* [About this exercise]: Each line below should be written out exactly, with none skipped.

* [Available data]:
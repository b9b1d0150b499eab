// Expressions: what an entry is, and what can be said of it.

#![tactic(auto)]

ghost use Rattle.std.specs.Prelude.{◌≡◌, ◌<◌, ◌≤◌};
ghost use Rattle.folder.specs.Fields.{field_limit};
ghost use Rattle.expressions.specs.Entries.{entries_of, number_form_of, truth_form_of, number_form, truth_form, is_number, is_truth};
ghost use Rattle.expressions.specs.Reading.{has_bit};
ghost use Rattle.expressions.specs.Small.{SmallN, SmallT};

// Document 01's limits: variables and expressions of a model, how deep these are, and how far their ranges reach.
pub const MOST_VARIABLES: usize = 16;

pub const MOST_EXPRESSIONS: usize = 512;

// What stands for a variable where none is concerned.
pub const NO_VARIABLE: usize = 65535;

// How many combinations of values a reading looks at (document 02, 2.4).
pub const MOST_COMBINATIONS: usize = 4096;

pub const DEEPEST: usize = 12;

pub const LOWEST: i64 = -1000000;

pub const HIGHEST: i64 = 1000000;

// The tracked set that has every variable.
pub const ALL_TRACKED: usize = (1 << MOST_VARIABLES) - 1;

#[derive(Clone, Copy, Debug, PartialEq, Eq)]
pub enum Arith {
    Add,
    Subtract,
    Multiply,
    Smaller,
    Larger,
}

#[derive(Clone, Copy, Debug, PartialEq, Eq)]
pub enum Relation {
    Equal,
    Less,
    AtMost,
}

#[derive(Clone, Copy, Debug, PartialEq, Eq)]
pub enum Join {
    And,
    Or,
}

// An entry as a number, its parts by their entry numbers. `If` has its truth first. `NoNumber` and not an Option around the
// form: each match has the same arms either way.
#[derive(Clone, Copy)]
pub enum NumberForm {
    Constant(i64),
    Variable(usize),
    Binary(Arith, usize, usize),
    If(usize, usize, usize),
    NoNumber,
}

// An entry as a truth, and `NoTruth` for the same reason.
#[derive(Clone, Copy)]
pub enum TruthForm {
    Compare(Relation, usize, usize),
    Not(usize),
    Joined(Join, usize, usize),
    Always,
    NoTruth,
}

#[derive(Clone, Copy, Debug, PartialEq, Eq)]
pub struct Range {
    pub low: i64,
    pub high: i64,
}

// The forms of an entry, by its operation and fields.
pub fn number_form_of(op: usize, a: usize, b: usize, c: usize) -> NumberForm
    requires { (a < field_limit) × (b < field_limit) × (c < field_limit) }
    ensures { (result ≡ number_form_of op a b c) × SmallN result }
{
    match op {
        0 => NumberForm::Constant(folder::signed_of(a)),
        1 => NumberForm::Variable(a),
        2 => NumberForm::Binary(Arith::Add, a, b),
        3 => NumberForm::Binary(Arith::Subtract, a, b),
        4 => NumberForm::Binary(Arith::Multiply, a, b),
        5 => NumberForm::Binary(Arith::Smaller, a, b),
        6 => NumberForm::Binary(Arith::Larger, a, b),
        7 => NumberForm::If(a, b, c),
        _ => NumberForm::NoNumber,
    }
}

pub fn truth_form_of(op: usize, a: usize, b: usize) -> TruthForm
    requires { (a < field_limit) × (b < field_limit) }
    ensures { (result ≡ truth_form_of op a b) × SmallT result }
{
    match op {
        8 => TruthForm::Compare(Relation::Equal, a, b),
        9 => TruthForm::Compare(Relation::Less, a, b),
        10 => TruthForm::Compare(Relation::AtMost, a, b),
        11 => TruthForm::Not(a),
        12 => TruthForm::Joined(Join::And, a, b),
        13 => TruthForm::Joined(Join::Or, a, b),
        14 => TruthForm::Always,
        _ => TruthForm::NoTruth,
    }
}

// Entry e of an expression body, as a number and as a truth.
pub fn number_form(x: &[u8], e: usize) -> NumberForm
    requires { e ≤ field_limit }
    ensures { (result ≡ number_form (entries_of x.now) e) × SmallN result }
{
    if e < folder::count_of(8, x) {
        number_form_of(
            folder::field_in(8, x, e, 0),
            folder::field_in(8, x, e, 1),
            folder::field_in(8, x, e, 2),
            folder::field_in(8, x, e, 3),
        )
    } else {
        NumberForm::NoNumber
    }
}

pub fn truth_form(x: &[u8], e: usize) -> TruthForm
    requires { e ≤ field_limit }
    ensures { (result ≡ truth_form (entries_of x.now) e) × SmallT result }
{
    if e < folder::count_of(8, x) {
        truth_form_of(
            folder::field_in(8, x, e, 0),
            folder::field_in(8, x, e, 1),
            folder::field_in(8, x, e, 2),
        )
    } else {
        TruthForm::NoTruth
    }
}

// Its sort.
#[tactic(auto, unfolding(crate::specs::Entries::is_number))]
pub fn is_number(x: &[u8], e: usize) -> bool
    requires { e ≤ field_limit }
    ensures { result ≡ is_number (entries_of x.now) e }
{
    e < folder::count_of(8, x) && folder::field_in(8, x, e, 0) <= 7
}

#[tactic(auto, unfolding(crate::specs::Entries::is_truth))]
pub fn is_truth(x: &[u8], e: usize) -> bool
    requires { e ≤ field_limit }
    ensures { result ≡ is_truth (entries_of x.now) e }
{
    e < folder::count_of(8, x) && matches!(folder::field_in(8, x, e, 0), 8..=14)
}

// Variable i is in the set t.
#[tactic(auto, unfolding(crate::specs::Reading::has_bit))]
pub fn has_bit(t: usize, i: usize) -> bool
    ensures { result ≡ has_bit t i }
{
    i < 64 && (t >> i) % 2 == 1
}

* [Solution for this problem]:
repository b9b1d0150b499eab
// Expressions: what an entry is, and what can be said of it.

#![tactic(auto)]

ghost use Rattle.std.specs.Prelude.{◌≡◌, ◌<◌, ◌≤◌};
ghost use Rattle.folder.specs.Fields.{field_limit};
ghost use Rattle.expressions.specs.Entries.{entries_of, number_form_of, truth_form_of, number_form, truth_form, is_number, is_truth};
ghost use Rattle.expressions.specs.Reading.{has_bit};
ghost use Rattle.expressions.specs.Small.{SmallN, SmallT};

// Document 01's limits: variables and expressions of a model, how deep these are, and how far their ranges reach.
pub const MOST_VARIABLES: usize = 16;

pub const MOST_EXPRESSIONS: usize = 512;

// What stands for a variable where none is concerned.
pub const NO_VARIABLE: usize = 65535;

// How many combinations of values a reading looks at (document 02, 2.4).
pub const MOST_COMBINATIONS: usize = 4096;

pub const DEEPEST: usize = 12;

pub const LOWEST: i64 = -1000000;

pub const HIGHEST: i64 = 1000000;

// The tracked set that has every variable.
pub const ALL_TRACKED: usize = (1 << MOST_VARIABLES) - 1;

#[derive(Clone, Copy, Debug, PartialEq, Eq)]
pub enum Arith {
    Add,
    Subtract,
    Multiply,
    Smaller,
    Larger,
}

#[derive(Clone, Copy, Debug, PartialEq, Eq)]
pub enum Relation {
    Equal,
    Less,
    AtMost,
}

#[derive(Clone, Copy, Debug, PartialEq, Eq)]
pub enum Join {
    And,
    Or,
}

// An entry as a number, its parts by their entry numbers. `If` has its truth first. `NoNumber` and not an Option around the
// form: each match has the same arms either way.
#[derive(Clone, Copy)]
pub enum NumberForm {
    Constant(i64),
    Variable(usize),
    Binary(Arith, usize, usize),
    If(usize, usize, usize),
    NoNumber,
}

// An entry as a truth, and `NoTruth` for the same reason.
#[derive(Clone, Copy)]
pub enum TruthForm {
    Compare(Relation, usize, usize),
    Not(usize),
    Joined(Join, usize, usize),
    Always,
    NoTruth,
}

#[derive(Clone, Copy, Debug, PartialEq, Eq)]
pub struct Range {
    pub low: i64,
    pub high: i64,
}

// The forms of an entry, by its operation and fields.
pub fn number_form_of(op: usize, a: usize, b: usize, c: usize) -> NumberForm
    requires { (a < field_limit) × (b < field_limit) × (c < field_limit) }
    ensures { (result ≡ number_form_of op a b c) × SmallN result }
{
    match op {
        0 => NumberForm::Constant(folder::signed_of(a)),
        1 => NumberForm::Variable(a),
        2 => NumberForm::Binary(Arith::Add, a, b),
        3 => NumberForm::Binary(Arith::Subtract, a, b),
        4 => NumberForm::Binary(Arith::Multiply, a, b),
        5 => NumberForm::Binary(Arith::Smaller, a, b),
        6 => NumberForm::Binary(Arith::Larger, a, b),
        7 => NumberForm::If(a, b, c),
        _ => NumberForm::NoNumber,
    }
}

pub fn truth_form_of(op: usize, a: usize, b: usize) -> TruthForm
    requires { (a < field_limit) × (b < field_limit) }
    ensures { (result ≡ truth_form_of op a b) × SmallT result }
{
    match op {
        8 => TruthForm::Compare(Relation::Equal, a, b),
        9 => TruthForm::Compare(Relation::Less, a, b),
        10 => TruthForm::Compare(Relation::AtMost, a, b),
        11 => TruthForm::Not(a),
        12 => TruthForm::Joined(Join::And, a, b),
        13 => TruthForm::Joined(Join::Or, a, b),
        14 => TruthForm::Always,
        _ => TruthForm::NoTruth,
    }
}

// Entry e of an expression body, as a number and as a truth.
pub fn number_form(x: &[u8], e: usize) -> NumberForm
    requires { e ≤ field_limit }
    ensures { (result ≡ number_form (entries_of x.now) e) × SmallN result }
{
    if e < folder::count_of(8, x) {
        number_form_of(
            folder::field_in(8, x, e, 0),
            folder::field_in(8, x, e, 1),
            folder::field_in(8, x, e, 2),
            folder::field_in(8, x, e, 3),
        )
    } else {
        NumberForm::NoNumber
    }
}

pub fn truth_form(x: &[u8], e: usize) -> TruthForm
    requires { e ≤ field_limit }
    ensures { (result ≡ truth_form (entries_of x.now) e) × SmallT result }
{
    if e < folder::count_of(8, x) {
        truth_form_of(
            folder::field_in(8, x, e, 0),
            folder::field_in(8, x, e, 1),
            folder::field_in(8, x, e, 2),
        )
    } else {
        TruthForm::NoTruth
    }
}

// Its sort.
#[tactic(auto, unfolding(crate::specs::Entries::is_number))]
pub fn is_number(x: &[u8], e: usize) -> bool
    requires { e ≤ field_limit }
    ensures { result ≡ is_number (entries_of x.now) e }
{
    e < folder::count_of(8, x) && folder::field_in(8, x, e, 0) <= 7
}

#[tactic(auto, unfolding(crate::specs::Entries::is_truth))]
pub fn is_truth(x: &[u8], e: usize) -> bool
    requires { e ≤ field_limit }
    ensures { result ≡ is_truth (entries_of x.now) e }
{
    e < folder::count_of(8, x) && matches!(folder::field_in(8, x, e, 0), 8..=14)
}

// Variable i is in the set t.
#[tactic(auto, unfolding(crate::specs::Reading::has_bit))]
pub fn has_bit(t: usize, i: usize) -> bool
    ensures { result ≡ has_bit t i }
{
    i < 64 && (t >> i) % 2 == 1
}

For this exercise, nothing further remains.